= Task requirements =
The lines from the start of the listing through the line containing "pub enum TraceCommand" should be printed exactly, and no other lines should be printed.

= Source information =
+--

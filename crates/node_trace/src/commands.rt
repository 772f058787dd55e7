//! The lines of a text, each read as what it asks for.

use crate::codes::{INSTRUCTION, read_instruction};
use crate::settings::{NodeSettings, read_link};
use bootstrap::{LinkNumber, Packet, is_memory_size};
use lab_words::{Wanted, WordFault, WordForm, Words};
use script_text::decimal_number;
use std::alloc::{AllocError, Global};

/// What a line asks for.
#[derive(Drop)]
pub enum TraceCommand {
    /// A fresh node that runs: how many bytes of memory it has, and what is put into it.
    Node(usize, NodeSettings),
    /// A fresh node that boots.
    Open(usize),
    /// Something is put into the node.
    Set(NodeSettings),
    /// Instructions on a node of their own.
    Try(NodeSettings),
    /// The instructions that bytes spell.
    Decode(Vec<u8>),
    /// Something that is seen of the node.
    Ask(Query),
    /// Steps, each shown.
    Step(u64),
    /// Takes the packet that leaves a link next.
    Take(LinkNumber),
    /// A host asks by link 0 for a word of memory.
    Peek(u32),
    /// Something whose changes are shown.
    NodeChange(NodeChange),
}

/// What is asked of a node and changes nothing.
#[derive(Clone, Copy)]
pub enum Query {
    /// What is seen of the node.
    Look,
    /// Whether the next Step would not be recorded.
    Quiet,
    /// All registers.
    Registers,
    /// A word of memory.
    Word(u32),
}

/// What is done to a node.
#[derive(Drop)]
pub enum NodeChange {
    /// Steps up to one that would not be recorded, shown together.
    Run(u64),
    /// A packet arrives at a link.
    Deliver(LinkNumber, Packet),
    /// The node is reset, and its memory stays.
    Reset,
    /// The node is reset, and its memory is zero.
    Clear,
    /// A host sends bytes by a link.
    Send(LinkNumber, Vec<u8>),
    /// A host sends code by a link, as a boot message.
    Boot(LinkNumber, Vec<u8>),
    /// A host takes a byte from a link.
    Receive(LinkNumber),
    /// A host stores a word of memory by link 0.
    Poke(u32, u32),
}

// The first word of a line.
#[derive(Clone, Copy)]
enum TraceVerb {
    Node,
    Open,
    Set,
    Try,
    Decode,
    Look,
    Quiet,
    Registers,
    Word,
    Step,
    Take,
    Peek,
    Run,
    Deliver,
    Reset,
    Clear,
    Send,
    Boot,
    Receive,
    Poke,
}

const VERBS: [(&str, TraceVerb); 20] = [
    ("node", TraceVerb::Node),
    ("open", TraceVerb::Open),
    ("set", TraceVerb::Set),
    ("try", TraceVerb::Try),
    ("decode", TraceVerb::Decode),
    ("look", TraceVerb::Look),
    ("quiet", TraceVerb::Quiet),
    ("registers", TraceVerb::Registers),
    ("word", TraceVerb::Word),
    ("step", TraceVerb::Step),
    ("take", TraceVerb::Take),
    ("peek", TraceVerb::Peek),
    ("run", TraceVerb::Run),
    ("deliver", TraceVerb::Deliver),
    ("reset", TraceVerb::Reset),
    ("clear", TraceVerb::Clear),
    ("send", TraceVerb::Send),
    ("boot", TraceVerb::Boot),
    ("receive", TraceVerb::Receive),
    ("poke", TraceVerb::Poke),
];

// What the kind of a packet is called.
#[derive(Clone, Copy)]
enum PacketKind {
    Byte,
    Acknowledge,
}

const PACKET_NAMES: [&str; 2] = ["byte", "acknowledge"];

const PACKET_KINDS: [(&str, PacketKind); 2] = [
    ("byte", PacketKind::Byte),
    ("acknowledge", PacketKind::Acknowledge),
];

// The names of the verbs, as messages list them.
const VERB_NAMES: [&str; 20] = [
    "node",
    "open",
    "set",
    "reset",
    "clear",
    "try",
    "step",
    "run",
    "deliver",
    "take",
    "send",
    "boot",
    "receive",
    "peek",
    "poke",
    "look",
    "quiet",
    "registers",
    "word",
    "decode",
];

/// What a line asks for. `Wrong` with the first word that is wrong or missing, or that comes after the end.
pub fn read_command(alloc: Global, line: &str) -> Result<TraceCommand, WordFault> {
    let mut words = Words::of(line);
    let wanted = Wanted::Word("a verb of a node", WordForm::OneOf(&VERB_NAMES));
    let verb = words.value_in(&VERBS, TraceVerb::Look, wanted);
    let command = read_behind(alloc, verb, &mut words)?;
    words.finish(command)
}

// What a line asks for whose first word was read.
fn read_behind(
    alloc: Global,
    verb: TraceVerb,
    words: &mut Words,
) -> Result<TraceCommand, AllocError> {
    Ok(match verb {
        TraceVerb::Node => TraceCommand::Node(
            read_size(words),
            NodeSettings::read(alloc, words, false)?,
        ),
        TraceVerb::Open => TraceCommand::Open(read_size(words)),
        TraceVerb::Set => TraceCommand::Set(NodeSettings::read(alloc, words, false)?),
        TraceVerb::Try => TraceCommand::Try(read_trial(alloc, words)?),
        TraceVerb::Decode => TraceCommand::Decode(words.bytes(alloc)?),
        TraceVerb::Look => TraceCommand::Ask(Query::Look),
        TraceVerb::Quiet => TraceCommand::Ask(Query::Quiet),
        TraceVerb::Registers => TraceCommand::Ask(Query::Registers),
        TraceVerb::Word => TraceCommand::Ask(Query::Word(words.hexadecimal("an address"))),
        TraceVerb::Step => TraceCommand::Step(read_steps_or_one(words)),
        TraceVerb::Take => TraceCommand::Take(read_link(words)),
        TraceVerb::Peek => TraceCommand::Peek(words.hexadecimal("an address")),
        TraceVerb::Run => TraceCommand::NodeChange(NodeChange::Run(read_steps(words))),
        TraceVerb::Deliver => TraceCommand::NodeChange(NodeChange::Deliver(
            read_link(words),
            read_packet(words),
        )),
        TraceVerb::Reset => TraceCommand::NodeChange(NodeChange::Reset),
        TraceVerb::Clear => TraceCommand::NodeChange(NodeChange::Clear),
        TraceVerb::Send => TraceCommand::NodeChange(NodeChange::Send(
            read_link(words),
            words.bytes(alloc)?,
        )),
        TraceVerb::Boot => TraceCommand::NodeChange(NodeChange::Boot(
            read_link(words),
            read_code(alloc, words)?,
        )),
        TraceVerb::Receive => TraceCommand::NodeChange(NodeChange::Receive(read_link(words))),
        TraceVerb::Poke => TraceCommand::NodeChange(NodeChange::Poke(
            words.hexadecimal("an address"),
            words.hexadecimal("a word"),
        )),
    })
}

// How many bytes of memory a node has: a multiple of 4 from 2,048 to 65,536, or 4,096 if no number is here.
fn read_size(words: &mut Words) -> usize {
    let [b'0'..=b'9', ..] = words.peek().as_bytes() else {
        return 4096;
    };
    let (least, most) = (2048, 65_536);
    let wanted = Wanted::Word("a size of memory", WordForm::MultipleOfFour { least, most });
    let place = words.place();
    let size = match decimal_number(words.take(wanted)) {
        Some(size) if size <= most => size as usize,
        _ => {
            words.reject(place, wanted);
            least as usize
        }
    };
    if !is_memory_size(size) {
        words.reject(place, wanted);
    }
    size
}

// Instructions, one at least, and what the node has besides.
fn read_trial(alloc: Global, words: &mut Words) -> Result<NodeSettings, AllocError> {
    let place = words.place();
    let settings = NodeSettings::read(alloc, words, true)?;
    if settings.code.is_empty() {
        words.reject(place, INSTRUCTION);
    }
    Ok(settings)
}

// Instructions up to the end of the line.
fn read_code(alloc: Global, words: &mut Words) -> Result<Vec<u8>, AllocError> {
    let mut code = Vec::new(alloc);
    for _ in 0..words.count() {
        if words.is_empty() {
            break;
        }
        if !read_instruction(alloc, words, &mut code)? {
            let place = words.place();
            words.reject(place, INSTRUCTION);
            break;
        }
    }
    Ok(code)
}

fn read_steps(words: &mut Words) -> u64 {
    words.decimal("a number of Steps", u64::MAX)
}

fn read_steps_or_one(words: &mut Words) -> u64 {
    if words.is_empty() {
        1
    } else {
        read_steps(words)
    }
}

fn read_packet(words: &mut Words) -> Packet {
    let wanted = Wanted::Word("a packet", WordForm::OneOf(&PACKET_NAMES));
    match words.value_in(&PACKET_KINDS, PacketKind::Acknowledge, wanted) {
        PacketKind::Byte => Packet::Byte(words.byte(WordForm::TwoDigits)),
        PacketKind::Acknowledge => Packet::Ack,
    }
}
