//! A node that is booted with code, and traced Step by Step.

use crate::hosts::{LinkHost, LinkInput, hosts_of};
use crate::instruction::InstructionByte;
use crate::packets::send;
use crate::performing::{ProgramColumn, write_step};
use crate::program::{ProgramLine, width_of};
use bootstrap::{BootFault, LinkNumber, Node, Stepped, boot_message};
use script_text::TextWriter;
use std::alloc::{AllocError, Global};
use step_meter::StepMeter;

/// How wide the column of a program's lines is at most.
const MOST_WIDTH: usize = 40;

/// What is traced of a node that is booted with code.
#[derive(Clone, Copy)]
pub struct BootTrace<'a> {
    /// The code, 2 to 255 bytes.
    pub code: &'a [u8],
    /// How many Steps are traced at most.
    pub steps: u64,
    /// The address before whose instruction the trace stops.
    pub until: Option<u32>,
    /// What hosts at the links send to the program.
    pub inputs: &'a [LinkInput],
    /// The lines of the program that the code is, or none.
    pub lines: &'a [ProgramLine<'a>],
}

/// Why a trace ends.
#[derive(Clone, Copy)]
enum TraceEnd {
    /// A Step was idle, or brought a fault, as its line says.
    Stopped,
    /// The instruction at this address is next.
    Before(u32),
    /// This number of Steps was traced.
    Counted(u64),
}

/// Boots a node of 4,096 bytes with code by link 0, and gives a line for each Step that follows: the address of the
/// instruction, the instruction, and what changed. If the lines of a program are given, the nearest label and the line come
/// after an instruction of it. The trace stops after `trace.steps` Steps, at the first that is idle, at a fault, or at an
/// address.
///
/// Packets have lines of their own. A host at each link takes those that leave, acknowledges each byte, and sends the bytes
/// of its inputs, each as soon as the one before it is acknowledged. The last lines say why the trace stops, if no Step
/// does, and which bytes weren't taken. Each Step is noted by the meter.
///
/// # Errors
///
/// `TooShort` and `TooLong` if a boot doesn't take the code; `NoMemory`.
pub fn trace_boot<M: StepMeter>(
    alloc: Global,
    trace: &BootTrace,
    meter: &mut M,
) -> Result<String, BootFault> {
    let message = boot_message(alloc, trace.code)?;
    trace_message(alloc, message.as_slice(), trace, meter).map_err(|_| BootFault::NoMemory)
}

// Traces a node that a boot message boots.
fn trace_message<M: StepMeter>(
    alloc: Global,
    message: &[u8],
    trace: &BootTrace,
    meter: &mut M,
) -> Result<String, AllocError> {
    let mut node = Node::open(alloc, 4096)?;
    send(&mut node, LinkNumber::Zero, message);
    let mut hosts = hosts_of(alloc, trace.inputs)?;
    let mut text = TextWriter::new(alloc);
    let end = write_lines(&mut node, hosts.as_mut_slice(), trace, meter, &mut text)?;
    write_end(end, &mut text);
    for host in &hosts {
        host.write_rest(&mut text);
    }
    text.finish()
}

// Writes the lines of Steps and packets.
fn write_lines<M: StepMeter>(
    node: &mut Node,
    hosts: &mut [LinkHost],
    trace: &BootTrace,
    meter: &mut M,
    text: &mut TextWriter,
) -> Result<TraceEnd, AllocError> {
    let source = column_of(trace.lines);
    for _ in 0..trace.steps {
        for host in hosts.iter_mut() {
            host.send_next(node, text);
        }
        let next = InstructionByte::next(node)?;
        if let Some(address) = met_address(next, trace.until) {
            return Ok(TraceEnd::Before(address));
        }
        let stepped = write_line(node, next, source, text)?;
        meter.note(1);
        for host in hosts.iter_mut() {
            host.take_packets(node, text);
        }
        if stepped != Stepped::Ran {
            return Ok(TraceEnd::Stopped);
        }
    }
    Ok(TraceEnd::Counted(trace.steps))
}

// The address at which the trace stops, if the next instruction byte is there.
fn met_address(next: Option<InstructionByte>, until: Option<u32>) -> Option<u32> {
    match (next, until) {
        (Some(next), Some(address)) if next.address == address => Some(address),
        _ => None,
    }
}

// The lines of a program as a column.
fn column_of<'a>(lines: &'a [ProgramLine<'a>]) -> ProgramColumn<'a> {
    ProgramColumn {
        lines,
        width: width_of(lines, MOST_WIDTH),
    }
}

/// Does one Step, and writes its line, as `trace_boot` does.
pub fn trace_step(
    node: &mut Node,
    lines: &[ProgramLine],
    text: &mut TextWriter,
) -> Result<Stepped, AllocError> {
    let next = InstructionByte::next(node)?;
    write_line(node, next, column_of(lines), text)
}

// Does a Step, and writes its line.
fn write_line(
    node: &mut Node,
    next: Option<InstructionByte>,
    source: ProgramColumn,
    text: &mut TextWriter,
) -> Result<Stepped, AllocError> {
    if let Some(instruction) = next {
        text.push_word(instruction.address);
        text.push(" ");
    }
    let stepped = write_step(node, next, source, text)?;
    text.push("\n");
    Ok(stepped)
}

// Says why the trace stops, if its last Step doesn't.
fn write_end(end: TraceEnd, text: &mut TextWriter) {
    match end {
        TraceEnd::Stopped => {}
        TraceEnd::Before(address) => {
            text.push("stopped before ");
            text.push_word(address);
            text.push("\n");
        }
        TraceEnd::Counted(steps) => write_stopped(steps, text),
    }
}

/// Writes that a trace ends after `steps` Steps, the most that it may have.
pub fn write_stopped(steps: u64, text: &mut TextWriter) {
    text.push("stopped after ");
    text.push_decimal(steps);
    text.push(" Steps. --steps N traces more\n");
}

+--

= Task answer =
filename crates/node_trace/src/commands.rt
repository 772f058787dd55e7
//! The lines of a text, each read as what it asks for.

use crate::codes::{INSTRUCTION, read_instruction};
use crate::settings::{NodeSettings, read_link};
use bootstrap::{LinkNumber, Packet, is_memory_size};
use lab_words::{Wanted, WordFault, WordForm, Words};
use script_text::decimal_number;
use std::alloc::{AllocError, Global};

/// What a line asks for.
#[derive(Drop)]
pub enum TraceCommand {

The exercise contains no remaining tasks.